Ramping up for the all-important television debate, the New Democratic Party released three new, very effective television ads. Windows Media Player is required to view the NDP ads on the Liberals’ despicable record over the past four years, and the necessity for a strong, balanced and compassionate government in British Columbia, a government that will allow all British Columbians to share in the wealth created in this province.
Over to the right, VanRamblings has added another site of interest to our regularly-updated BC election blogroll, this time the provocative, thoughtful and frequently updated Have You Had Enough, Yet? website, created by Surrey teacher Bill Piket, and the folks at Black Rock Communications.

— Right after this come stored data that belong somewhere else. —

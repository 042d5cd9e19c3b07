//! Grants as rows.

ghost use Rattle.std.specs.Prelude.{◌≡◌, ◌≤◌, ◌++◌, ◌∷◌, ℕ, length, OnOk};
ghost use Rattle.std.specs.Int.{w32};
ghost use Rattle.row_formats.specs.Gives.{GivesRead};
ghost use Rattle.row_formats.specs.Format.{number};
ghost use Rattle.row_codec.specs.GrantRow.{giver_format, target_format, base_format, assignment, node_format, need_format, token, without_expiry, expiry, with_expiry, grant, IsCountableGrant};
ghost use Rattle.row_codec.specs.GrantExact.{grant_exact};

use crate::bodies::Stored;
use crate::fields::{RowField, read_list, write_list};
use host_base::{AccountId, Digest, GrainId, GrantId, Memory};
use perm_roles::{Assignment, Base};
use row_formats::{ReadError, Reader, RowFault, Writer};
use share_graph::{Giver, Grant, Need, Node, Target};
use std::alloc::Global;

// Writes which of several a choice is, where its one part is the number of a row.
fn put_chosen(writer: &mut Writer, which: u8, num: u32) -> Result<(), Memory>
    ensures written { OnOk result (writer.new ≡ writer.old ++ which ∷ (number w32).write num) }
    ensures fits { OnOk result ((number w32).fits num) }
{
    writer.u8(which)?;
    writer.u32(num)
}

// A giver: which of three, and its parts.
impl RowField for Giver {
    fn read_field(_alloc: Global, reader: &mut Reader) -> Result<Giver, ReadError> {
        let at = reader.place();
        match reader.u8()? {
            1 => Ok(Giver::Account(AccountId(reader.u32()?))),
            2 => Ok(Giver::Grant(GrantId(reader.u32()?))),
            3 => Ok(Giver::Site {
                by: AccountId(reader.u32()?),
                tag: reader.u64()?,
                item: reader.u32()?,
            }),
            _ => Err(ReadError::Fault(RowFault::BadField(at))),
        }
    }

    fn write_field(&self, writer: &mut Writer) -> Result<(), Memory> {
        match *self {
            Giver::Account(account) => put_chosen(writer, 1, account.0),
            Giver::Grant(grant) => put_chosen(writer, 2, grant.0),
            Giver::Site { by, tag, item } => {
                put_chosen(writer, 3, by.0)?;
                writer.u64(tag)?;
                writer.u32(item)
            }
        }
    }

    ghost format = { giver_format };
}

// A target: which of four, and its part.
impl RowField for Target {
    fn read_field(_alloc: Global, reader: &mut Reader) -> Result<Target, ReadError> {
        let at = reader.place();
        match reader.u8()? {
            1 => Ok(Target::Bearer {
                for_sharing: reader.flag()?,
            }),
            2 => Ok(Target::User(AccountId(reader.u32()?))),
            3 => Ok(Target::Claim(GrainId(reader.u32()?))),
            4 => Ok(Target::Grain(GrainId(reader.u32()?))),
            _ => Err(ReadError::Fault(RowFault::BadField(at))),
        }
    }

    fn write_field(&self, writer: &mut Writer) -> Result<(), Memory> {
        match *self {
            Target::Bearer { for_sharing } => {
                writer.u8(1)?;
                writer.flag(for_sharing)
            }
            Target::User(account) => put_chosen(writer, 2, account.0),
            Target::Claim(grain) => put_chosen(writer, 3, grain.0),
            Target::Grain(grain) => put_chosen(writer, 4, grain.0),
        }
    }

    ghost format = { target_format };
}

// A base: which of three, and its part.
impl RowField for Base {
    fn read_field(_alloc: Global, reader: &mut Reader) -> Result<Base, ReadError> {
        let at = reader.place();
        match reader.u8()? {
            0 => Ok(Base::NoRole),
            1 => Ok(Base::AllAccess),
            2 => Ok(Base::Role(reader.u16()?)),
            _ => Err(ReadError::Fault(RowFault::BadField(at))),
        }
    }

    fn write_field(&self, writer: &mut Writer) -> Result<(), Memory> {
        match *self {
            Base::NoRole => writer.u8(0),
            Base::AllAccess => writer.u8(1),
            Base::Role(role) => {
                writer.u8(2)?;
                writer.u16(role)
            }
        }
    }

    ghost format = { base_format };
}

// An assignment: its base, what is added, and what is removed.
impl RowField for Assignment {
    fn read_field(alloc: Global, reader: &mut Reader) -> Result<Assignment, ReadError> {
        Ok(Assignment {
            base: Base::read_field(alloc, reader)?,
            add: reader.set()?,
            remove: reader.set()?,
        })
    }

    fn write_field(&self, writer: &mut Writer) -> Result<(), Memory> {
        self.base.write_field(writer)?;
        writer.set(&self.add)?;
        writer.set(&self.remove)
    }

    ghost format = { assignment };
}

// Who holds something: an account on a grain, or a grant.
impl RowField for Node {
    fn read_field(_alloc: Global, reader: &mut Reader) -> Result<Node, ReadError> {
        let at = reader.place();
        match reader.u8()? {
            1 => {
                let grain = GrainId(reader.u32()?);
                let account = AccountId(reader.u32()?);
                Ok(Node::User(grain, account))
            }
            2 => Ok(Node::Grant(GrantId(reader.u32()?))),
            _ => Err(ReadError::Fault(RowFault::BadField(at))),
        }
    }

    fn write_field(&self, writer: &mut Writer) -> Result<(), Memory> {
        match *self {
            Node::User(grain, account) => {
                put_chosen(writer, 1, grain.0)?;
                writer.u32(account.0)
            }
            Node::Grant(grant) => put_chosen(writer, 2, grant.0),
        }
    }

    ghost format = { node_format };
}

// A need: which of three, and its parts.
impl RowField for Need {
    fn read_field(alloc: Global, reader: &mut Reader) -> Result<Need, ReadError> {
        let at = reader.place();
        match reader.u8()? {
            1 => Ok(Need::TokenValid(GrantId(reader.u32()?))),
            2 => Ok(Need::PermissionsHeld {
                holder: Node::read_field(alloc, reader)?,
                set: reader.set()?,
            }),
            3 => Ok(Need::UserIsAdmin(AccountId(reader.u32()?))),
            _ => Err(ReadError::Fault(RowFault::BadField(at))),
        }
    }

    fn write_field(&self, writer: &mut Writer) -> Result<(), Memory> {
        match *self {
            Need::TokenValid(grant) => put_chosen(writer, 1, grant.0),
            Need::PermissionsHeld { holder, set } => {
                writer.u8(2)?;
                holder.write_field(writer)?;
                writer.set(&set)
            }
            Need::UserIsAdmin(account) => put_chosen(writer, 3, account.0),
        }
    }

    ghost format = { need_format };
}

// The digest of a token, where there is one.
impl RowField for Option<Digest> {
    fn read_field(_alloc: Global, reader: &mut Reader) -> Result<Option<Digest>, ReadError> {
        let at = reader.place();
        match reader.u8()? {
            0 => Ok(None),
            1 => Ok(Some(reader.digest()?)),
            _ => Err(ReadError::Fault(RowFault::BadField(at))),
        }
    }

    fn write_field(&self, writer: &mut Writer) -> Result<(), Memory> {
        match *self {
            None => writer.u8(0),
            Some(digest) => {
                writer.u8(1)?;
                writer.digest(&digest)
            }
        }
    }

    ghost format = { token };
}

// The fields of a grant without an expiry, behind the version.
fn without_expiry(alloc: Global, reader: &mut Reader, num: u32) -> Result<Grant, ReadError>
    ensures { GivesRead (λ x. x) result reader.new ((without_expiry num).read reader.old) }
{
    Ok(Grant {
        grain: GrainId(reader.u32()?),
        giver: Giver::read_field(alloc, reader)?,
        target: Target::read_field(alloc, reader)?,
        assignment: Assignment::read_field(alloc, reader)?,
        needs: read_list(alloc, reader, u16::MAX)?,
        digest: Option::<Digest>::read_field(alloc, reader)?,
        revoked: reader.flag()?,
        num: GrantId(num),
        expires: None,
    })
}

// An expiry, which is above 0.
fn expiry(reader: &mut Reader) -> Result<u64, ReadError>
    ensures { GivesRead (λ x. x) result reader.new (expiry.read reader.old) }
{
    let at = reader.place();
    match reader.u64()? {
        0 => Err(ReadError::Fault(RowFault::BadField(at))),
        end => Ok(end),
    }
}

// The fields of a grant with an expiry, behind the version.
fn with_expiry(alloc: Global, reader: &mut Reader, num: u32) -> Result<Grant, ReadError>
    ensures { GivesRead (λ x. x) result reader.new ((with_expiry num).read reader.old) }
{
    let mut grant = without_expiry(alloc, reader, num)?;
    let end = expiry(reader)?;
    grant.expires = Some(end);
    Ok(grant)
}

// Writes a version, and the fields of a grant but for its expiry.
fn put_fields(writer: &mut Writer, version: u8, grant: &Grant) -> Result<(), Memory>
    ensures written { OnOk result ((num : ℕ)
        → writer.new ≡ writer.old ++ version ∷ (without_expiry num).write grant.now) }
    ensures fits { OnOk result (length grant.now.needs ≤ 65535
        → (without_expiry grant.now.num.0).fits (record grant.now { expires = None })) }
{
    writer.u8(version)?;
    writer.u32(grant.grain.0)?;
    grant.giver.write_field(writer)?;
    grant.target.write_field(writer)?;
    grant.assignment.write_field(writer)?;
    write_list(writer, &grant.needs)?;
    grant.digest.write_field(writer)?;
    writer.flag(grant.revoked)
}

impl Stored for Grant {
    fn read_row(alloc: Global, reader: &mut Reader, num: u32) -> Result<Grant, ReadError> {
        match reader.u8()? {
            1 => without_expiry(alloc, reader, num),
            2 => with_expiry(alloc, reader, num),
            version => Err(ReadError::Fault(RowFault::BadVersion(version))),
        }
    }

    fn write_row(&self, writer: &mut Writer) -> Result<(), Memory> {
        match self.expires {
            None => put_fields(writer, 1, self),
            Some(end) => {
                put_fields(writer, 2, self)?;
                writer.u64(end)
            }
        }
    }

    ghost format = { grant };

    ghost carried = { λ g. g.num.0 };

    ghost is_countable = { IsCountableGrant };

    ghost exact = { grant_exact };
}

In his latest column for The Tyee, broadcaster Rafe Mair suggests that “if the NDP gets a bit lucky there’s still room for an upset.”

With the Liberals sitting at seven points up you would think that May 17th would be a slam dunk for Campbell & Co. and so it will likely prove. But if there is to be an upset … I would be looking behind those numbers for signs that there may be weaknesses in the Liberal position … the Liberals must worry about Vancouver Island and large pockets of the interior and the north where their numbers are not great … then there is the environment, something that the Liberals have ignored except to the extent they’ve allowed their pals to bugger it up … (although) a seven point lead for the Liberals looks insurmountable … if it gets much closer as the day approaches, look-out. If the popular vote is that close, and the NDP gets a bit lucky, there could be an upset.


Meanwhile, Tyee contributing editor Barbara McLintock has ten questions for Gordon Campbell, ranging from his government’s position on continued public service layoff and a consequent move toward more privatization, to whether or not further cuts will be made to the child welfare budget.
Finally, Vancouver professor, poet, and polemicist Robin Mathews writes about the “attack on ordinary” British Columbians in both part one and part two of his essay, A Time to Rage, where he reflects on “the savage attack by the Campbell corporate totalitarians upon decent living in B.C.”